USE OF A UREA COMPOSITION TO PRODUCE DIESEL EXHAUST FLUID (AUS 32)

Abstract

A process for producing a NOx reductant AUS 32 solution (diesel exhaust fluid), including at least the mixing of water and a particulate composition including (i) urea and an additive comprising component (ii). The additive component is a combination of at least one polymer or oligomer containing amino groups and at least one functionalized polyvinyl compound, wherein the proportion by weight of component (i) in the particulate composition is >60% by weight and the proportion by weight of component (ii) in the particulate composition is <1% by weight and wherein a urea solution is obtained and the proportion by weight of component (i) in the urea solution obtained is between 31% by weight and 34% by weight.

Claims

1.-10. (canceled)

11. A process for producing a NO.sub.x reductant AUS 32 solution (diesel exhaust fluid), comprising at least the mixing of water and a particulate composition comprising: (i) urea; and an additive comprising component (ii): (ii) a combination of at least one polymer or oligomer containing amino groups and at least one functionalized polyvinyl compound; wherein the proportion by weight of component (i) in the particulate composition is >60% by weight and the proportion by weight of component (ii) in the particulate composition is <1% by weight, and wherein a urea solution is obtained and the proportion by weight of component (i) in the urea solution obtained is not less than 31% by weight and not more than 34% by weight.

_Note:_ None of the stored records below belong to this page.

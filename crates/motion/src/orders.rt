// The order to the board.
ghost use Rattle.std.specs.Prelude.{◌≡◌, true};
ghost use Rattle.machine.specs.Orders.{signals_of, remaining_steps, multiplied as multiplied_of};
ghost use Rattle.machine.specs.Orders.{run_order, order_in, order_at};
ghost use Rattle.instruction.specs.Soundness.{cell_sound};
ghost use Rattle.machine.specs.declared.Phase.TheVariants.{BackOff};
ghost use Rattle.motion.specs.Bounds.{WithinHertz};

use crate::stepping::backward_in;
use instruction::Cell;
use instruction::run::Profile;
use machine::answers::{BoardOrder, BoardSignals};
use machine::{Phase, Remaining, State};
use units::Steps;

// IN, CU and FC, which every order has.
pub fn signals(state: State) -> BoardSignals
    ensures { result ≡ signals_of state }
{
    BoardSignals {
        current: state.presets.current,
        powered: state.outputs[State::CU],
        fc: state.outputs[State::FC],
    }
}

// The steps that remain, 0 where none are counted.
#[tactic(auto, unfolding(machine::specs::Orders::remaining_steps))]
pub fn remaining_steps(remaining: Remaining) -> Steps
    ensures { result ≡ remaining_steps remaining }
{
    match remaining {
        Remaining::Counted(n) => n,
        Remaining::Nothing | Remaining::Timed(_) => Steps(0),
    }
}

// Hz times m.
#[tactic(auto, unfolding(laws::specs::Tests::choose, machine::specs::Orders::multiplied))]
pub fn multiplied(hertz: u32, x4: bool) -> u32
    requires { WithinHertz hertz }
    ensures { result ≡ multiplied_of hertz x4 }
{
    if x4 { hertz * 4 } else { hertz }
}

#[tactic(auto, unfolding(machine::specs::Orders::run_order))]
fn run_order(phase: Phase, state: State, profile: Profile) -> BoardOrder
    requires { WithinHertz profile.hertz }
    ensures { result ≡ run_order phase state profile }
{
    let remaining = state.running.remaining;
    BoardOrder::Run {
        signals: signals(state),
        backward: backward_in(phase, profile, remaining),
        hertz: multiplied(profile.hertz, profile.x4),
        ramp: profile.ramp,
        remaining: remaining_steps(remaining),
    }
}

#[tactic(auto, unfolding(machine::specs::Orders::order_in))]
fn backing_off(state: State, profile: Profile) -> BoardOrder
    ensures { result ≡ order_in BackOff state profile }
{
    BoardOrder::Run {
        signals: signals(state),
        backward: !profile.backward,
        hertz: profile.slow,
        ramp: 0,
        remaining: Steps(0),
    }
}

// The order, given the present cell.
#[tactic(auto, using(crate::proofs::Cells::hertz_within), unfolding(machine::specs::Orders::order_at))]
pub fn board_order(state: State, cell: Cell) -> BoardOrder
    requires { cell_sound cell ≡ true }
    ensures { result ≡ order_at state cell }
{
    order(state, cell.instruction.profile())
}

// The order: stand outside a run, slow in both slowings, else the run.
#[tactic(auto, unfolding(machine::specs::Orders::order_in))]
pub fn order(state: State, profile: Profile) -> BoardOrder
    requires { WithinHertz profile.hertz }
    ensures { result ≡ order_in state.running.phase state profile }
{
    let phase = state.running.phase;
    match phase {
        Phase::Waiting | Phase::Delay => BoardOrder::Stand(signals(state)),
        Phase::Run | Phase::Braking => run_order(phase, state, profile),
        Phase::Slowing | Phase::EmergencySlowing => BoardOrder::Slow(signals(state)),
        Phase::BackOff => backing_off(state, profile),
    }
}
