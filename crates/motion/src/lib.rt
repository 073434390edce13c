// A run under way: steps, at-speed and halted from the board, and the order that it is given. Each
// function takes the state and the present cell, or what it needs of it; none copies the memory.
#![tactic(auto)]

pub mod orders;
pub mod reports;
pub mod stepping;
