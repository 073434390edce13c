// A step reported by the board.
ghost use Rattle.std.specs.Prelude.{◌≡◌};
ghost use Rattle.machine.specs.Stepping.{remaining_backward, motion_backward, backward_in};
ghost use Rattle.machine.specs.Stepping.{cam_tested, moved_by, arrived_in};
ghost use Rattle.machine.specs.Stepping.{counted as counted_of, step_at};

use instruction::Cell;
use instruction::run::{Motion, Profile};
use machine::{Cam, Phase, Remaining, State};
use progress::{advanced, in_phase};
use stops::emergency::abandoned;
use units::CellAddress;

// Whether what remains leads back.
pub fn remaining_backward(remaining: Remaining) -> bool
    ensures { result ≡ remaining_backward remaining }
{
    match remaining {
        Remaining::Counted(n) => n.is_negative(),
        Remaining::Nothing | Remaining::Timed(_) => false,
    }
}

// An indexed run goes by what remains, every other along its direction.
fn motion_backward(profile: Profile, remaining: Remaining) -> bool
    ensures { result ≡ motion_backward profile.motion profile remaining }
{
    match profile.motion {
        Motion::IndexedRun => remaining_backward(remaining),
        _ => profile.backward,
    }
}

// Whether a run goes back in this phase; backing off goes against its direction.
#[tactic(auto, unfolding(machine::specs::Stepping::backward_in))]
pub fn backward_in(phase: Phase, profile: Profile, remaining: Remaining) -> bool
    ensures { result ≡ backward_in phase profile remaining }
{
    match phase {
        Phase::BackOff => !profile.backward,
        _ => motion_backward(profile, remaining),
    }
}

// A set cam at the position complements O3 and is unset.
#[tactic(auto, unfolding(laws::specs::Tests::both, laws::specs::Tests::choose, machine::specs::Stepping::cam_tested))]
pub fn cam_tested(mut state: State) -> State
    ensures { result ≡ cam_tested state }
{
    if state.cam.set && state.cam.position.0 == state.position.0 {
        state.outputs[State::O3] = !state.outputs[State::O3];
        state.cam = Cam::UNSET;
    }
    state
}

// The position one step on or back, and the cam tested there.
#[tactic(auto, unfolding(machine::specs::Stepping::moved_by))]
pub fn moved_by(backward: bool, mut state: State) -> State
    ensures { result ≡ moved_by backward state }
{
    state.position = state.position.stepped(!backward);
    cam_tested(state)
}

// None remain: the program goes on, or ends if it was slowing for an emergency stop.
#[tactic(auto, unfolding(machine::specs::Stepping::arrived_in))]
pub fn arrived_in(phase: Phase, state: State, next: CellAddress) -> State
    ensures { result ≡ arrived_in phase state next }
{
    match phase {
        Phase::EmergencySlowing => abandoned(state),
        _ => advanced(state, next),
    }
}

// None remain, in the phase that the state is in.
pub fn arrived(state: State, next: CellAddress) -> State
    ensures { result ≡ arrived_in state.running.phase state next }
{
    arrived_in(state.running.phase, state, next)
}

// One less of what remains, if steps are counted.
#[tactic(auto, unfolding(laws::specs::Tests::choose, machine::specs::Stepping::counted))]
pub fn counted(remaining: Remaining, state: State, next: CellAddress) -> State
    ensures { result ≡ counted_of remaining state next }
{
    let Remaining::Counted(n) = remaining else {
        return state;
    };
    let left = n.nearer();
    if left.is_zero() {
        arrived(state, next)
    } else {
        in_phase(state, state.running.phase, Remaining::Counted(left))
    }
}

// A step of the run of the present cell.
#[tactic(auto, unfolding(machine::specs::Stepping::step_at, machine::specs::Stepping::runs_backward))]
pub fn step(state: State, cell: Cell) -> State
    ensures { result ≡ step_at state cell }
{
    let remaining = state.running.remaining;
    let backward = backward_in(state.running.phase, cell.instruction.profile(), remaining);
    counted(remaining, moved_by(backward, state), cell.next)
}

12. The process of claim 11, wherein the additive comprises component (iii): (iii) at least one compound selected from the group of the aliphatic dicarboxylic acids, and anhydrides, the aliphatic tricarboxylic acids, and anhydrides, the aromatic dicarboxylic acids, and anhydrides, wherein the proportion by weight of component (i) in the particulate composition is >60% by weight and the proportion by weight of the sum total of components (ii) and (iii) in the particulate composition is <1% by weight.

13. The process of claim 11, wherein the particulate composition comprises: (i) urea; and an additive comprising component (ii) and component (iii): (ii) a combination of polyethyleneimine and polyvinyl alcohol or a combination of polyethyleneimine and polyvinylamine; (iii) at least one compound selected from the group of the aliphatic dicarboxylic acids, and anhydrides, the aliphatic tricarboxylic acids, and anhydrides, the aromatic dicarboxylic acids, and anhydrides; wherein the proportion by weight of component (i) in the particulate composition is >97% by weight and the proportion by weight of the sum total of components (ii) and (iii) in the particulate composition is <1% by weight.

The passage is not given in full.